“I’m too old to go to University,” I said. “I’m 48 years of age for crying out loud. I’d never cope with the workload anyway and everyone would think I was a big joke.”
They were my exclamations and excuses as the thought of a career change at my time of life, sunk into my numb brain.
I say numb because the shock of it all had forced me to open a rather old bottle of Chardonnay that I had been keeping for that special occasion.
“Well,” I thought, “It’s pretty special now – a special crisis,” and I plunged in and allowed my mind to wander back to where it had all began.
I had been working as a Pastor of a church and all of a sudden, I had reached burnout. All the comments such as, “You should have done this’,” and the, “I don’t agree with what he has done now,” together with the long working days and endless telephone calls and visits, had finally taken their toll and caught up with me. I felt like a squeezed out sponge that had been put through a mangle. I was dry, 48 years old and on the scrap heap with no potential for the future.
It was a time of great anguish for my wife and I. Especially my wife, who because of her love and concern for me, attempted to shelter me from all of the shellfire that threatened to bombard me wherever I went.
However, where does one go when you are in your late forties, especially when you have had a near breakdown? Answer, “Why not consider going to University to train as a social worker?”
That answer came to me as I was talking on the telephone one day to a manager from Social Services. I had met this chap on a number of occasions over the years and he had been a great support to the work of the church in offering financial support for our work with the homeless.
Here he was, challenging me to take a step that I did not think was possible, let alone feasible. I knew nothing about social work.
“Yes you do,” the reply came, “you’ve been doing it for years. You just need to get the professional qualification now.”
I was told that if there was a place on the next course that started in September –(two months away…AARGH), he would arrange for me to be sponsored, as he had been impressed by the work he had seen me carrying out. This would be in the form of a bursary, which would help boost the little that I would be offered on a LEA grant.
A few telephone calls later and I had been accepted for an interview with Social Services plus I had to submit a 2000 word essay on,”Why I want to be a social worker,”
I submitted the essay, attended the interview, which was quite gruelling and took two parts; one in the form of a group work discussion, which was observed and secondly, being grilled by 5 Social Services staff.
Eventually, I was informed that I had been accepted for training and I attended University. To say I was frightened on that first day would be an understatement; I was absolutely petrified. I had visions of walking into the classroom to be greeted by a load of 20 year olds, fresh out of college, brimming with high scoring A’ level results. I could not have been more wrong. Three people were actually older than I was. One woman was 56 years old. The other two were in their early fifties. The rest of the students average ages were between 30 – 45.

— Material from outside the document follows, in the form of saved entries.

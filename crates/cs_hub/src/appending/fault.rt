//! Why an entry isn't appended.

ghost use Rattle.std.specs.Prelude.{◌≡◌};
ghost use Rattle.cs_hub.specs.declared.appending.fault.AppendFault.TheVariants.{Memory, Device};
ghost use Rattle.cs_store.specs.declared.fault.StoreFault.TheVariants as stored;

use cs_conflict::ConflictBuf;
use cs_store::StoreFault;
use std::alloc::{AllocError, AllocFailed};
use thiserror::Error;

/// Why an entry isn't appended. Nothing has changed then. The text is the name that programs print.
#[derive(Debug, Drop, Error)]
pub enum AppendFault {
    /// Memory was refused. It may come before any other fault.
    #[error("Memory")]
    Memory,
    /// A change isn't defined at its place: the first that isn't, with what stands there.
    #[error("Conflict")]
    Conflict(ConflictBuf),
    /// The device that keeps the store failed, and its count of failures rose.
    #[error("Device")]
    Device,
}

impl From<AllocError> for AppendFault {
    ghost from_gives = { λ _ e. e ≡ Memory };

    fn from(_e: AllocError) -> AppendFault {
        AppendFault::Memory
    }
}

impl<T: Drop> From<AllocFailed<T>> for AppendFault {
    ghost from_gives = { λ _ e. e ≡ Memory };

    fn from(_e: AllocFailed<T>) -> AppendFault {
        AppendFault::Memory
    }
}

impl From<StoreFault> for AppendFault {
    ghost from_gives = { λ fault e. (fault ≡ stored.Memory → e ≡ Memory) × (fault ≡ stored.Device → e ≡ Device) };

    fn from(fault: StoreFault) -> AppendFault {
        match fault {
            StoreFault::Memory => AppendFault::Memory,
            StoreFault::Device => AppendFault::Device,
        }
    }
}
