//! A changeset as a tool writes it.

ghost use Rattle.std.specs.Prelude.{◌≡◌, ◌⊎◌, IfErr, IfOk};
ghost use Rattle.cs_normal.specs.Normal.{normal_spelling};
ghost use Rattle.cs_column_bytes.specs.Steps.{heads_behind};
ghost use Rattle.cs_tools.specs.WrittenForm.{IsNotWritten, SpellsIn};
ghost use Rattle.cs_tools.specs.declared.fault.ToolFault.TheVariants.{Memory};
ghost use Rattle.cs_tools.specs.declared.tool.Form.TheVariants.{Sqlite};

use crate::fault::ToolFault;
use cs_column_bytes::{Header, encode, has_one_order};
use cs_normal::Normal;
use std::alloc::Global;

/// The spelling in normal form.
pub fn spelled_normal(alloc: Global, changeset: &Normal) -> Result<Vec<u8>, ToolFault>
    ensures ok { IfOk result (λ bytes. bytes.items ≡ normal_spelling changeset.now) }
    ensures err { IfErr result (λ told. told ≡ Memory) }
{
    let mut bytes = Vec::new(alloc);
    changeset.encode(&mut bytes)?;
    Ok(bytes)
}

/// The spelling with the column bytes of the first of these headers that has the table's name. Headers of one table that
/// differ are refused: SQLite would apply only what came with one of them.
pub fn spelled_for_sqlite(
    alloc: Global,
    changeset: &Normal,
    headers: &[Header<'_>],
) -> Result<Vec<u8>, ToolFault>
    ensures ok { IfOk result (λ bytes. SpellsIn Sqlite (heads_behind headers.now) changeset.now bytes.items) }
    ensures err { IfErr result (λ told. (told ≡ Memory) ⊎ IsNotWritten Sqlite (heads_behind headers.now) told) }
{
    if !has_one_order(alloc, headers)? {
        return Err(ToolFault::KeyOrder);
    }
    let mut bytes = Vec::new(alloc);
    encode(alloc, changeset, headers, &mut bytes)?;
    Ok(bytes)
}
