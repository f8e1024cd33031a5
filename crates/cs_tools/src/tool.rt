//! The tools, and one run of one of them.

ghost use Rattle.std.specs.Prelude.{OnOk};
ghost use Rattle.cs_tools.specs.Endings.{Ends, Owes, Refuses};

use crate::combine::combine_lines;
use crate::fault::ToolFault;
use crate::rebase::rebase_lines;
use crate::show::{show_blob, show_changeset};
use cs_lines::{LineInput, LineOutput};
use std::alloc::Global;

/// Which column bytes a changeset is written with. (SQLite's "changeset format", table header.)
#[derive(Clone, Copy, Debug, PartialEq, Eq)]
pub enum Form {
    /// The normal form of this project: 1 for a key column, and 0 for another.
    Normal,
    /// Those of the table's first header in the input. SQLite writes a key column's place in the PRIMARY KEY, and applies
    /// changes only to a table with the same bytes.
    Sqlite,
}

/// What reads its input, answers once and ends.
#[derive(Clone, Copy, Debug, PartialEq, Eq)]
pub enum Tool {
    /// The changesets that the lines spell in hex, one each, as one changeset in this form, as a line of lower case hex. An empty line is
    /// the empty changeset. (Profile of this project over SQLite's changegroup.)
    Combine(Form),
    /// The changeset of the first line, rebased over the rebase blob of the second, in this form. All three are lines of hex. A line that
    /// isn't there is the empty one; the lines behind the second are left unread. (Profile of this project over SQLite's "Session
    /// Extension", `sqlite3rebaser_rebase`.)
    Rebase(Form),
    /// The changeset that the first line spells in hex, as text. The lines behind it are left unread.
    ShowChangeset,
    /// The rebase blob that the first line spells in hex, as text. The lines behind it are left unread.
    ShowBlob,
}

/// Runs the tool on the lines of its input, and writes what it owes, and sends it. Nothing is written before the whole of what the tool
/// reads was judged. Where there is a fault, it is the first that is judged. Lines are judged in their order, then what they spell
/// together, then the form (`KeyOrder`).
pub fn run_tool<R: LineInput, W: LineOutput>(
    alloc: Global,
    tool: Tool,
    reader: &mut R,
    writer: &mut W,
) -> Result<(), ToolFault>
    ensures ends { Ends (Owes tool (R.remaining reader.old) (R.remaining reader.new))
        (Refuses tool (R.failed reader.new) (R.remaining reader.old) (R.remaining reader.new))
        (W.failed writer.new) (W.contents writer.old) (W.contents writer.new) result }

    // Where all was done, nothing that was written is held back.
    ensures sent { OnOk result (W.sent writer.new) }
{
    match tool {
        Tool::Combine(form) => combine_lines(alloc, form, reader, writer),
        Tool::Rebase(form) => rebase_lines(alloc, form, reader, writer),
        Tool::ShowChangeset => show_changeset(alloc, reader, writer),
        Tool::ShowBlob => show_blob(alloc, reader, writer),
    }
}
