//! The laws of the tools, each the contract of a function that does nothing.

ghost use Rattle.cs_tools.specs.Files.{OneCombinedFault, OneCombinedOfFiles, OneShownFile, OneShownFileFault};
ghost use Rattle.cs_tools.specs.Laws.{CombinedStaysTheSame, NoFaultWhereOwed, NothingCombinedOfTwoOrders, NothingRebasedOfTwoOrders, OneCombinedText, OneFault, OneRebasedText, OneShownBlob, OneShownChangeset, RebasedStaysTheSame, TextOrFault};

use crate::input_files::InputFiles;

/// An input has one text that `combine` owes in each form.
pub fn one_combined_text()
    ensures { OneCombinedText }
{
    cs_changeset::laws::changesets();
    cs_group::laws::one_combined();
}

/// It has one text that `rebase` owes in each form, and one rest that it leaves.
pub fn one_rebased_text()
    ensures { OneRebasedText }
{
    cs_blob::laws::blobs();
    cs_changeset::laws::changesets();
    cs_group::laws::one_combined();
}

/// `combine --sqlite` owes no text where headers of one table have its key's columns in two orders.
pub fn nothing_combined_of_two_orders()
    ensures { NothingCombinedOfTwoOrders }
{
    cs_changeset::laws::changesets();
    cs_column_bytes::laws::one_order_or_two();
}

/// Nor does `rebase --sqlite`.
pub fn nothing_rebased_of_two_orders()
    ensures { NothingRebasedOfTwoOrders }
{
    cs_blob::laws::blobs();
    cs_changeset::laws::changesets();
    cs_column_bytes::laws::one_order_or_two();
}

/// Changesets taken together are the same in either form but for the column bytes, and the reader takes them.
pub fn combined_stays_the_same()
    ensures { CombinedStaysTheSame }
{
    cs_column_bytes::laws::heads_of_catalog();
    cs_column_bytes::laws::stays_the_same();
}

/// So is a changeset rebased over a blob.
pub fn rebased_stays_the_same()
    ensures { RebasedStaysTheSame }
{
    cs_column_bytes::laws::heads_of_catalog();
    cs_rebaser::laws::rebased_is_normal();
    cs_column_bytes::laws::stays_the_same();
}

/// An input has one text that `show changeset` owes, and one rest that it leaves.
pub fn one_shown_changeset()
    ensures { OneShownChangeset }
{
    cs_changeset::laws::changesets();
}

/// It has one text that `show blob` owes, and one rest that it leaves.
pub fn one_shown_blob()
    ensures { OneShownBlob }
{
    cs_blob::laws::blobs();
}

/// Nor does it have two faults, but for want of memory and failed reads.
pub fn one_fault()
    ensures { OneFault }
{
    cs_blob::laws::blobs();
    cs_changeset::laws::changesets();
    cs_group::laws::no_fault_where_combined();
    cs_group::laws::one_combine_fault();
    cs_group::laws::one_combined();
    cs_rebaser::laws::no_wrong_shape();
    cs_column_bytes::laws::one_order_or_two();
}

/// Where a tool owes a text, the input has no fault.
pub fn no_fault_where_owed()
    ensures { NoFaultWhereOwed }
{
    cs_blob::laws::blobs();
    cs_changeset::laws::changesets();
    cs_group::laws::no_fault_where_combined();
    cs_group::laws::one_combine_fault();
    cs_group::laws::one_combined();
    cs_rebaser::laws::no_wrong_shape();
    cs_column_bytes::laws::one_order_or_two();
}

/// An input owes a text, or has a fault that is neither want of memory nor a failed read.
pub fn text_or_fault()
    ensures { TextOrFault }
{
    cs_blob::laws::blobs();
    cs_changeset::laws::changesets();
    cs_column_bytes::laws::some_order();
    cs_group::laws::combined_or_fault();
    cs_lines::laws::lines_taken();
    cs_rebaser::laws::each_once_or_not();
    cs_rebaser::laws::shapes_or_wrong();
}

/// A file whose readers have its bytes has one text that `show` owes, or one fault; and so have such files for `combine`.
pub fn one_answer_of_files<F: InputFiles>()
    ensures shown { OneShownFile F.Input.PieceInput F.InputFiles }
    ensures fault { OneShownFileFault F.Input.PieceInput F.InputFiles }
    ensures combined { OneCombinedOfFiles F.Input.PieceInput F.InputFiles }
    ensures combine_fault { OneCombinedFault F.Input.PieceInput F.InputFiles }
{
    cs_blob::laws::blobs();
    cs_changeset::laws::changesets();
    cs_group::laws::no_fault_where_combined();
    cs_group::laws::one_combine_fault();
    cs_group::laws::one_combined();
    cs_rebaser::laws::no_wrong_shape();
    cs_column_bytes::laws::one_order_or_two();
}
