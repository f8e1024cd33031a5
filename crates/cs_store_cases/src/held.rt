//! Stores that are whole, and others that hold what isn't what its place says.

use crate::commits::FIRST_META;
use crate::parts::{Edit, commit_of};
use crate::table::catalog;
use cs_store::{RowStore, StoreFault};
use std::alloc::Global;

/// The key 1, another, and NULL.
const KEY: &[u8] = &[1, 0, 0, 0, 0, 0, 0, 0, 1];

const OTHER_KEY: &[u8] = &[1, 0, 0, 0, 0, 0, 0, 0, 2];

const NULL_KEY: &[u8] = &[5];

/// The row (1, 'v1'), the same with a byte behind it, and (NULL, 'v1').
const ROW: &[u8] = &[1, 0, 0, 0, 0, 0, 0, 0, 1, 3, 2, 0x76, 0x31];

const LONG_ROW: &[u8] = &[1, 0, 0, 0, 0, 0, 0, 0, 1, 3, 2, 0x76, 0x31, 5];

const NULL_ROW: &[u8] = &[5, 3, 2, 0x76, 0x31];

/// The INSERT of (1, 'v1'), an UPDATE of it to 'v2', and the INSERT with a byte behind it.
const INSERT: &[u8] = &[18, 0, 1, 0, 0, 0, 0, 0, 0, 0, 1, 3, 2, 0x76, 0x31];

const UPDATE: &[u8] = &[
    23, 0, 1, 0, 0, 0, 0, 0, 0, 0, 1, 3, 2, 0x76, 0x31, 0, 3, 2, 0x76, 0x32,
];

const LONG_INSERT: &[u8] = &[18, 0, 1, 0, 0, 0, 0, 0, 0, 0, 1, 3, 2, 0x76, 0x31, 5];

/// The body of an entry that inserts (1, 'v1') into `t1`, and one of no kind that there is.
const BODY: &[u8] = &[
    0, 0x54, 2, 1, 0, 0x74, 0x31, 0, 18, 0, 1, 0, 0, 0, 0, 0, 0, 0, 1, 3, 2, 0x76, 0x31,
];

const OTHER_BODY: &[u8] = &[7, 0x54, 2, 1, 0, 0x74, 0x31, 0];

/// The body of an entry that gives `t1` a third column.
const WIDEN_BODY: &[u8] = &[1, 0, 0, 0, 3, 0x74, 0x31];

/// A row, a pending change, the body of an entry, and whether a store that holds these is whole.
pub type Held = (Edit<'static>, Edit<'static>, &'static [u8], bool);

/// A row and a pending change of it.
const WHOLE: Edit<'static> = (0, KEY, Some(ROW));

const CHANGE: Edit<'static> = (0, KEY, Some(INSERT));

/// The same with a third column.
const LONG: Edit<'static> = (0, KEY, Some(LONG_ROW));

const LONG_CHANGE: Edit<'static> = (0, KEY, Some(LONG_INSERT));

/// Stores that are whole; rows, changes and bodies that aren't what their place says.
pub const HELD: [Held; 16] = [
    (WHOLE, CHANGE, BODY, true),
    (WHOLE, (0, KEY, Some(UPDATE)), &[0], true),
    ((1, KEY, Some(ROW)), CHANGE, BODY, false),
    ((u32::MAX, KEY, Some(ROW)), CHANGE, BODY, false),
    ((0, OTHER_KEY, Some(ROW)), CHANGE, BODY, false),
    (LONG, CHANGE, BODY, false),
    ((0, NULL_KEY, Some(NULL_ROW)), CHANGE, BODY, false),
    ((0, KEY, Some(INSERT)), CHANGE, BODY, false),
    (WHOLE, (1, KEY, Some(INSERT)), BODY, false),
    (WHOLE, (0, OTHER_KEY, Some(UPDATE)), BODY, false),
    (WHOLE, LONG_CHANGE, BODY, false),
    (WHOLE, (0, KEY, Some(ROW)), BODY, false),
    (WHOLE, CHANGE, OTHER_BODY, false),
    (WHOLE, CHANGE, WIDEN_BODY, false),
    (LONG, LONG_CHANGE, WIDEN_BODY, true),
    (WHOLE, CHANGE, &[], false),
];

/// Whether a store is found whole.
pub fn is_whole<S: RowStore>(alloc: Global, store: &mut S) -> Option<bool> {
    let catalog = catalog(alloc)?;
    store.check(&catalog).ok()
}

fn fill<S: RowStore>(alloc: Global, store: &mut S, held: &Held) -> Result<(), StoreFault> {
    let entry = Some((7, 1, held.2));
    commit_of(alloc, store, &(&[held.0], &[held.1], &FIRST_META, entry))
}

/// Whether a new store is found so once it holds these. It is then let go.
pub fn is_found<S: RowStore + Drop>(alloc: Global, store: S, held: &Held) -> bool {
    let mut store = store;
    fill(alloc, &mut store, held) == Ok(()) && is_whole(alloc, &mut store) == Some(held.3)
}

I was elated. There I had been worrying that I would be like an old man compared with the rest. I had fretted for nothing. This boosted my confidence greatly and I settled into the introduction period of the Diploma in Social Work and Diploma/Degree in Higher Education courses, with more determination to be successful than I had initially been.
The course length was 2 years in duration with the degree in the third year. This was part attend University and part work in a Social Service Department. This gave excellent hands on experience and helped provide valuable data for the endless essays that I had to write in order to gain each qualification.
Yes, I was very daunted at first when I saw the amount of work that I had to do in order to claim my prize. However, when I actually picked myself up off the floor, where I had collapsed in shock, I was able to rationalise it all and set my self a pace in which I would be able to work to.
Within a very short time, I was writing to the standard required by the University and gaining good marks towards the final year. The time went so fast and before I knew it, I had passed the course and was attending my Graduation day ceremony, complete with mortarboard and gown.
I was fifty years old and I had not only been to University but had gained a very good mark too. I was elated and felt justified in being so. It made me look back and be thankful for all those people who had supported me and had the faith that I could do it. For those who had waited for me to fail, I considered having a “Who said I couldn’t do it?” party but decided that I had nothing to prove. I had all I needed, a recognised qualification and a position as a qualified social worker at Social Services, which was not far from my home.
Since then, I often look back to those dismal days where I felt that I was on the scrap heap of life. It has helped me to see that, where I felt being nearly fifty was far too old to better myself or take a career change, I was very wrong. Being in your fifties is not a negative time. Far from it, it is a time when each individual has reached a level of maturity, yet still has many years of valuable experience to offer, if the openings are there. Sadly, this is not always the case, but the individual should never consider throwing in the towel. Get up and create a way forward for yourself. Do not let anyone stop you through well meaning, “I think you have bit off more than you can chew” comments. Since I qualified, I have worked in Mental Health, Childcare and Bereavement work.
You may be reading this article at this moment and be in a similar predicament that I was in. Be encouraged! Yes it will take hard work but one never gets anywhere without it, do they? The rewards though far outweigh the commitment that you have to invest. Being in your fifties is only the beginning of another decade. Why not make it the decade that will count for you. Go on, go and do it!